Bundesamt für Sicherheit in der Informationstechnik

M 2.544 Auditierung bei Cloud-Nutzung

Verantwortlich für Initiierung: IT-Sicherheitsbeauftragter, Leiter IT

Verantwortlich für Umsetzung: IT-Sicherheitsbeauftragter

Die Durchführung von Audits wird im Zusammenhang mit der Nutzung von Cloud Services als eine notwendige Maßnahme angesehen. Erfahrungen aus der Praxis haben gezeigt, dass die nutzende Institution Abweichungen zu vertraglichen Vereinbarungen, wie beispielsweise die Nichteinhaltung bestimmter Service-Level oder die Missachtung von Sicherheitsvorgaben häufig nur im Rahmen von Audits transparent machen kann.

Da der Auditierung im Cloud-Nutzungs-Umfeld eine solch große Bedeutung zukommt, sollten Audits in verschiedenen Phasen der Cloud-Nutzung thematisiert werden:

  • Bei der Auswahl des Providers im Hinblick auf die generelle Einräumung eines Audit-Rechts.
  • Bei der Vertragsgestaltung mit dem Cloud-Diensteanbieter hinsichtlich der Ausgestaltung des Audit-Rechts.
  • Bei der Festlegung von Maßnahmen zur regelmäßigen Durchführung von Audits im Cloud-Nutzungs-Betrieb.

Die nutzende Institution sollte die Umsetzung der mit dem Cloud-Diensteanbieter vereinbarten Sicherheitsmaßnahmen regelmäßig überprüfen. Zu diesem Zweck bieten sich zur Durchführung der Audits aber auch speziell ausgearbeitete Fragebögen an.
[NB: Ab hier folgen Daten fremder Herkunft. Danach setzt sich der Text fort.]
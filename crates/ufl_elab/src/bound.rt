//! What a name is bound to.

use crate::shared::Shared;
use ufl_syntax::Span;

/// A value, and the target of its last assignment: the line on which that statement begins, and the word.
#[derive(Drop)]
pub struct Bound {
    pub value: Shared,
    pub line: u32,
    pub from: u32,
    pub len: u32,
}

impl Bound {
    ghost use Rattle.std.specs.Prelude.{◌≡◌};
    ghost use Rattle.ufl_elab.specs.Names.{bound_by};

    /// The value, assigned to the target in a statement that begins on this line.
    pub fn new(value: Shared, line: u32, target: Span) -> Bound
        ensures { result ≡ bound_by target line value }
    {
        Bound {
            value,
            line,
            from: target.from,
            len: target.len,
        }
    }
}
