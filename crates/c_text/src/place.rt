// Slot numbers and places.

ghost use Rattle.std.specs.Prelude.{◌≡◌, ◌<◌, ◌≤◌, ℕ, OnOk, IfOk};
ghost use Rattle.c_text.specs.Stream.{Gives};
ghost use Rattle.c_unit.specs.Rules.{greatest as greatest_of};
ghost use Rattle.c_text.specs.Parser.{stream, left};
ghost use Rattle.c_text.specs.Places.{number_at, counter_at, factor_at, step_at, steps_at, is_step_ahead as step_is_ahead, slot_at, array_at, slot_of as slot_in, target_at, source_at, size_in};

use crate::number::{counter_number, small};
use crate::parser::{Parser, syntax};
use crate::refusal::{KernelKind, KernelRefusal, ReadFault};
use c_unit::{Array, Place, Slot};
use slices::Tok;

/// The sizes of the four arrays, and the turns of the enclosing loops, the outermost first.
#[derive(Clone, Copy)]
pub struct Scope {
    pub x: u32,
    pub w: u32,
    pub t: u32,
    pub a: u32,
    pub turns: [u32; 4],
    pub depth: u32,
}

// The multiples of counters so far, the least counter that may follow, and the line of the last token.
#[derive(Clone, Copy)]
struct Steps {
    steps: [u32; 4],
    from: u32,
    line: u32,
}

impl Scope {
    fn size(&self, array: Array) -> u32
        ensures { result ≡ size_in self.now array }
    {
        match array {
            Array::X => self.x,
            Array::W => self.w,
            Array::T => self.t,
            Array::A => self.a,
        }
    }

    // The greatest slot number that comes in the turns of the loops.
    #[tactic(auto, unfolding(c_unit::specs::Rules::greatest))]
    fn greatest(&self, slot: Slot) -> u128
        ensures { result ≡ greatest_of self.now.turns slot }
    {
        slot.base as u128
            + slot.steps[0] as u128 * self.turns[0].saturating_sub(1) as u128
            + slot.steps[1] as u128 * self.turns[1].saturating_sub(1) as u128
            + slot.steps[2] as u128 * self.turns[2].saturating_sub(1) as u128
            + slot.steps[3] as u128 * self.turns[3].saturating_sub(1) as u128
    }
}

pub fn refused(kind: KernelKind, line: u32) -> ReadFault
    ensures { result ≡ ReadFault.Refused (record { kind = kind; line = line }) }
{
    ReadFault::Refused(KernelRefusal { kind, line })
}

impl<'a> Parser<'a> {
    /// A number below 2^32, and its line.
    #[tactic(auto, unfolding(crate::specs::Places::number_at))]
    pub fn number(&mut self) -> Result<(u32, u32), ReadFault>
        ensures read { Gives (λ x. x) result (stream self.new) (number_at (stream self.old)) }
        ensures shorter { OnOk result (left self.new < left self.old) }
    {
        let token = self.shift()?;
        match small(token.text) {
            Some(value) => Ok((value, token.line)),
            None => Err(syntax(token.line)),
        }
    }

    // A counter of an enclosing loop, from this one on, and its line.
    #[tactic(auto, unfolding(crate::specs::Places::counter_at))]
    fn counter(&mut self, from: u32, depth: u32) -> Result<(u32, u32), ReadFault>
        ensures read { Gives (λ x. x) result (stream self.new) (counter_at from depth (stream self.old)) }
        ensures shorter { OnOk result (left self.new < left self.old) }
        ensures below { IfOk result (λ c. (from ≤ c.0) × (c.0 < depth)) }
    {
        let token = self.shift()?;
        match counter_number(token.text) {
            Some(counter) if from <= counter && counter < depth => Ok((counter, token.line)),
            _ => Err(syntax(token.line)),
        }
    }

    // A factor: a number of 1 or more.
    #[tactic(auto, unfolding(crate::specs::Places::factor_at))]
    fn factor(&mut self) -> Result<u32, ReadFault>
        ensures read { Gives (λ x. x) result (stream self.new) (factor_at (stream self.old)) }
        ensures shorter { OnOk result (left self.new < left self.old) }
    {
        let (factor, line) = self.number()?;
        if factor == 0 {
            return Err(syntax(line));
        }
        Ok(factor)
    }

    // A multiple of a counter: the factor, the counter and its line.
    #[tactic(auto, unfolding(crate::specs::Places::step_at))]
    fn step(&mut self, from: u32, depth: u32) -> Result<(u32, u32, u32), ReadFault>
        ensures read { Gives (λ x. x) result (stream self.new) (step_at from depth (stream self.old)) }
        ensures shorter { OnOk result (left self.new < left self.old) }
        ensures below { IfOk result (λ x. (from ≤ x.1) × (x.1 < depth)) }
    {
        self.expect(b"+")?;
        let factor = self.factor()?;
        self.expect(b"*")?;
        let (counter, line) = self.counter(from, depth)?;
        Ok((factor, counter, line))
    }

    // Whether a multiple of a counter follows: a `+`, where a counter from this one on is enclosed.
    fn is_step_ahead(&self, from: u32, depth: u32) -> bool
        ensures { result ≡ step_is_ahead from depth (stream self.now) }
    {
        self.next_is(b"+") && from < depth
    }

    // The multiples of counters behind a number of this line, as far as a counter can follow.
    #[tactic(auto, unfolding(crate::specs::Places::steps_at))]
    fn steps(&mut self, depth: u32, line: u32) -> Result<Steps, ReadFault>
        requires { depth ≤ 4 }
        ensures read { Gives (λ x. x) result (stream self.new) (steps_at depth line (stream self.old)) }
        ensures shorter { OnOk result (left self.new ≤ left self.old) }
    {
        let mut steps = [0; 4];
        let mut from = 0;
        let mut last = line;
        'all: loop {
            if !self.is_step_ahead(from, depth) {
                return Ok(Steps {
                    steps,
                    from,
                    line: last,
                });
            }
            let (factor, counter, place) = self.step(from, depth)?;
            steps[counter as usize] = factor;
            from = counter + 1;
            last = place;
        }
    }

    /// A slot number below the size in all turns of the loops.
    #[tactic(auto, unfolding(crate::specs::Places::slot_at))]
    pub fn slot(&mut self, scope: &Scope, size: usize) -> Result<Slot, ReadFault>
        requires { scope.now.depth ≤ 4 }
        ensures read { Gives (λ x. x) result (stream self.new) (slot_at scope.now size (stream self.old)) }
        ensures shorter { OnOk result (left self.new < left self.old) }
    {
        let (base, line) = self.number()?;
        let found = self.steps(scope.depth, line)?;
        let steps = found.steps;
        let slot = Slot { base, steps };
        if scope.greatest(slot) >= size as u128 {
            return Err(refused(KernelKind::Slot, found.line));
        }
        Ok(slot)
    }

    #[tactic(auto, unfolding(crate::specs::Places::array_at))]
    fn array(&mut self) -> Result<(Array, u32), ReadFault>
        ensures read { Gives (λ x. x) result (stream self.new) (array_at (stream self.old)) }
        ensures shorter { OnOk result (left self.new < left self.old) }
    {
        let token = self.shift()?;
        match token.text {
            b"X" => Ok((Array::X, token.line)),
            b"W" => Ok((Array::W, token.line)),
            b"T" => Ok((Array::T, token.line)),
            b"A" => Ok((Array::A, token.line)),
            _ => Err(syntax(token.line)),
        }
    }

    #[tactic(auto, unfolding(crate::specs::Places::slot_of))]
    fn slot_of(&mut self, scope: &Scope, array: Array) -> Result<Place, ReadFault>
        requires { scope.now.depth ≤ 4 }
        ensures read { Gives (λ x. x) result (stream self.new) (slot_in scope.now array (stream self.old)) }
        ensures shorter { OnOk result (left self.new < left self.old) }
    {
        self.expect(b"[")?;
        let slot = self.slot(scope, scope.size(array) as usize)?;
        self.expect(b"]")?;
        Ok(Place { array, slot })
    }

    /// A place that is written: of T or A.
    #[tactic(auto, unfolding(crate::specs::Places::target_at))]
    pub fn target(&mut self, scope: &Scope) -> Result<Place, ReadFault>
        requires { scope.now.depth ≤ 4 }
        ensures read { Gives (λ x. x) result (stream self.new) (target_at scope.now (stream self.old)) }
        ensures shorter { OnOk result (left self.new < left self.old) }
    {
        self.expect(b"&")?;
        let (array, line) = self.array()?;
        match array {
            Array::X | Array::W => Err(syntax(line)),
            Array::T | Array::A => self.slot_of(scope, array),
        }
    }

    /// A place that is read: of any array.
    #[tactic(auto, unfolding(crate::specs::Places::source_at))]
    pub fn source(&mut self, scope: &Scope) -> Result<Place, ReadFault>
        requires { scope.now.depth ≤ 4 }
        ensures read { Gives (λ x. x) result (stream self.new) (source_at scope.now (stream self.old)) }
        ensures shorter { OnOk result (left self.new < left self.old) }
    {
        self.expect(b"&")?;
        let (array, _line) = self.array()?;
        self.slot_of(scope, array)
    }
}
Durchführung von Audits beim Cloud-Diensteanbieter

Bei der Durchführung von Audits beim Cloud-Diensteanbieter können grundsätzlich drei Ausprägungen unterschieden werden, die von der Art der Service-Erbringung abhängig sind. Bei der Nutzung eines Services, der in Form einer Private Cloud On-Premise erbracht wird, erfolgt die Überprüfung als internes Audit. Werden andere Service-Erbringungs-Modelle genutzt, wird der Cloud-Diensteanbieter einem externen Audit unterzogen. Eine Sonderform stellen sogenannte Fremd-Audits dar. Diese werden häufig mit dem Ziel einer anschließenden Zertifizierung (zum Beispiel ISO 27001 Zertifizierung auf der Basis von IT-Grundschutz) durchgeführt.

Die unterschiedlichen Service-Modelle bei Cloud-Nutzung bedingen verschiedene Audit-Ebenen. Die Existenz solch unterschiedlicher Ebenen stellt eine Besonderheit bei der Nutzung von Cloud-Diensten dar. Diese Besonderheit ist sowohl während der Planung als auch im Verlauf der Durchführung von Audits zu berücksichtigen. Dem Auditor muss klar sein, welche Art von Service er zu bewerten hat, da sich der Aufwand für ein Audit in Abhängigkeit der Ebene ändert.

Bei der Modellierung des IT-Verbundes nach IT-Grundschutz muss, in Abhängigkeit vom Service-Modell, die Bausteinauswahl anders getroffen werden. Während bei der Nutzung von Cloud-Diensten als Infrastructure as a Service (IaaS) hauptsächlich das Rechenzentrum und die zugehörige Infrastruktur zu betrachten sind, wird dies bei Nutzung von Cloud-Diensten als Platform as a Service (PaaS) bereits um die Betrachtung von Betriebssystemen und Middleware (zum Beispiel Webserver, Datenbanken, sonstige Anwendungen mit zugehörigen Schnittstellen) ergänzt. Bei Nutzung von Software as a Service (SaaS) ist zusätzlich die Anwendungsebene einzubeziehen.

Der Auditor muss daneben auch immer den Schutzbedarf der Informationen sowie die Abhängigkeiten zu anderen Bereichen wie Infrastruktur, Systemen, Anwendungen oder Diensten, die den Service bilden, berücksichtigen.

Prüffragen:

  • Hat sich die Institution das Recht zur Durchführung von Audits vertraglich zusichern lassen?

  • Wird die Umsetzung der mit dem Cloud-Diensteanbieter vereinbarten Sicherheitsmaßnahmen regelmäßig in Form von Audits oder durch die Beantwortung von Fragebögen überprüft?

  • Werden bei der Planung und der Durchführung von Audits die Besonderheiten der Service-Modelle IaaS, PaaS und SaaS berücksichtigt?